Class CharsetSelector

java.lang.Object
com.ibm.icu.charset.CharsetSelector

public final class CharsetSelector extends Object
Charset Selector A charset selector is built with a list of charset names and given an input CharSequence returns the list of names the corresponding charsets which can convert the CharSequence.
  • Field Details

    • trie

      private IntTrie trie
    • pv

      private int[] pv
    • encodings

      private String[] encodings
  • Constructor Details

    • CharsetSelector

      public CharsetSelector(List<String> charsetList, UnicodeSet excludedCodePoints, int mappingTypes)
      Construct a CharsetSelector from a list of charset names.
      Parameters:
      charsetList - a list of charset names in the form of strings. If charsetList is empty, a selector for all available charset is constructed.
      excludedCodePoints - a set of code points to be excluded from consideration.

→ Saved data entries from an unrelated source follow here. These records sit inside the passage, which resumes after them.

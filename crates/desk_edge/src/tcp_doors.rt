ghost use Rattle.std.specs.Prelude.{◌≡◌, ◌≤◌, false};
ghost use Rattle.desk_edge.specs.Faults.{one_more};

use crate::doors::Doors;
use crate::failed::Failed;
use crate::tcp_link::TcpLink;
use std::io;
use std::io::ErrorKind;
use std::net::{Ipv4Addr, Net, TcpListener, TcpStream};
use std::time::Duration;

/// So many seconds a connection may say nothing, or take nothing of what is written to it, before that is a fault of its link.
const PATIENCE: u32 = 60;

/// The doors at a port of this machine, at 127.0.0.1 alone. They are never closed.
///
/// What goes wrong with a connection is no fault of the doors, but of the connection: one that is given up by the other side before it
/// is taken, or that can't be made ready, is passed over. All else that the system refuses is a counted fault, and so is a call for a
/// line before the doors were opened.
#[derive(Drop)]
pub struct TcpDoors<R> {
    rt: R,
    listener: Option<TcpListener>,
    patience: u32,
    faults: u64,
    taken: u64,
}

impl<R: Net<Listener = TcpListener, Stream = TcpStream>> TcpDoors<R> {
    /// Doors that aren't opened yet. A connection that says nothing for 60 seconds is given up.
    pub fn new(rt: R) -> TcpDoors<R>
        ensures faults { ⟦<TcpDoors<R> as Doors>⟧.faults result ≡ 0 }
        ensures taken { ⟦<TcpDoors<R> as Doors>⟧.taken result ≡ 0 }
    {
        TcpDoors::with_patience(rt, PATIENCE)
    }

    /// Doors that aren't opened yet. A connection that says nothing for so many seconds is given up.
    pub fn with_patience(rt: R, seconds: u32) -> TcpDoors<R>
        requires { 1 ≤ seconds }
        ensures faults { ⟦<TcpDoors<R> as Doors>⟧.faults result ≡ 0 }
        ensures taken { ⟦<TcpDoors<R> as Doors>⟧.taken result ≡ 0 }
    {
        TcpDoors {
            rt,
            listener: None,
            patience: seconds,
            faults: 0,
            taken: 0,
        }
    }

    /// Counts a fault, up to the last value of the count.
    fn refused(&mut self) -> Failed
        ensures taken_stays { self.new.taken ≡ self.old.taken }
        ensures never_falls { self.old.faults ≤ self.new.faults }
        ensures one_more { self.new.faults ≡ one_more self.old.faults }
    {
        self.faults = self.faults.saturating_add(1);
        Failed
    }
}

/// The stream as a link: what is written is sent at once, and neither a read nor a write waits for longer than so many seconds.
fn ready(stream: TcpStream, patience: u32) -> io::Result<TcpLink> {
    let patience = Some(Duration::from_secs(u64::from(patience)));
    stream.set_nodelay(true)?;
    stream.set_read_timeout(patience)?;
    stream.set_write_timeout(patience)?;
    Ok(TcpLink::new(stream))
}

/// The next connection that can be made ready, or none where the system refuses to take any.
fn next_ready(listener: &TcpListener, patience: u32) -> Option<TcpLink> {
    for _ in 0..u64::MAX {
        match listener.accept() {
            Ok((stream, _)) => {
                if let Ok(link) = ready(stream, patience) {
                    return Some(link);
                }
            }
            Err(e) if e.kind() == ErrorKind::ConnectionAborted => {}
            Err(_) => return None,
        }
    }
    None
}

impl<R: Net<Listener = TcpListener, Stream = TcpStream>> Doors for TcpDoors<R> {
    type Line = TcpLink;

    ghost faults = { λ doors. doors.faults };

    ghost taken = { λ doors. doors.taken };

    ghost is_closed = { λ _. false };

    ghost NeverFails = { ⊥ };

    ghost NeverCloses = { Unit {0} };

    fn listen(&mut self, port: u16) -> Result<(), Failed> {
        match TcpListener::bind(&self.rt, (Ipv4Addr::LOCALHOST, port)) {
            Ok(listener) => {
                self.listener = Some(listener);
                Ok(())
            }
            Err(_) => Err(self.refused()),
        }
    }

    fn next(&mut self) -> Result<Option<TcpLink>, Failed> {
        let found = match &self.listener {
            Some(listener) => next_ready(listener, self.patience),
            None => None,
        };
        match found {
            Some(line) => {
                self.taken = self.taken.saturating_add(1);
                Ok(Some(line))
            }
            None => Err(self.refused()),
        }
    }

    fn faults(&self) -> u64 {
        self.faults
    }

    fn taken(&self) -> u64 {
        self.taken
    }

    fn closed(&self) -> bool {
        false
    }
}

Excluded code points appearing in the input CharSequence do not change the selection result. It could be empty when no code point should be excluded.
      mappingTypes - an int which determines whether to consider only roundtrip mappings or also fallbacks, e.g. CharsetICU.ROUNDTRIP_SET. See CharsetICU.java for the constants that are currently supported.
      Throws:
      IllegalArgumentException - if the parameters is invalid.
      IllegalCharsetNameException - If the given charset name is illegal.
      UnsupportedCharsetException - If no support for the named charset is available in this instance of the Java virtual machine.
  • Method Details

    • generateSelectorData

      private void generateSelectorData(PropsVectors pvec, UnicodeSet excludedCodePoints, int mappingTypes)
    • intersectMasks

      private boolean intersectMasks(int[] dest, int pvIndex, int len)
    • selectForMask

      private List<String> selectForMask(int[] mask)
    • countOnes

      private int countOnes(int[] mask, int len)
    • selectForString

      public List<String> selectForString(CharSequence unicodeText)
      Select charsets that can map all characters in a CharSequence, ignoring the excluded code points.
      Parameters:
      unicodeText - a CharSequence. It could be empty.
      Returns:
      a list that contains charset names in the form of strings. The returned encoding names and their order will be the same as supplied when building the selector.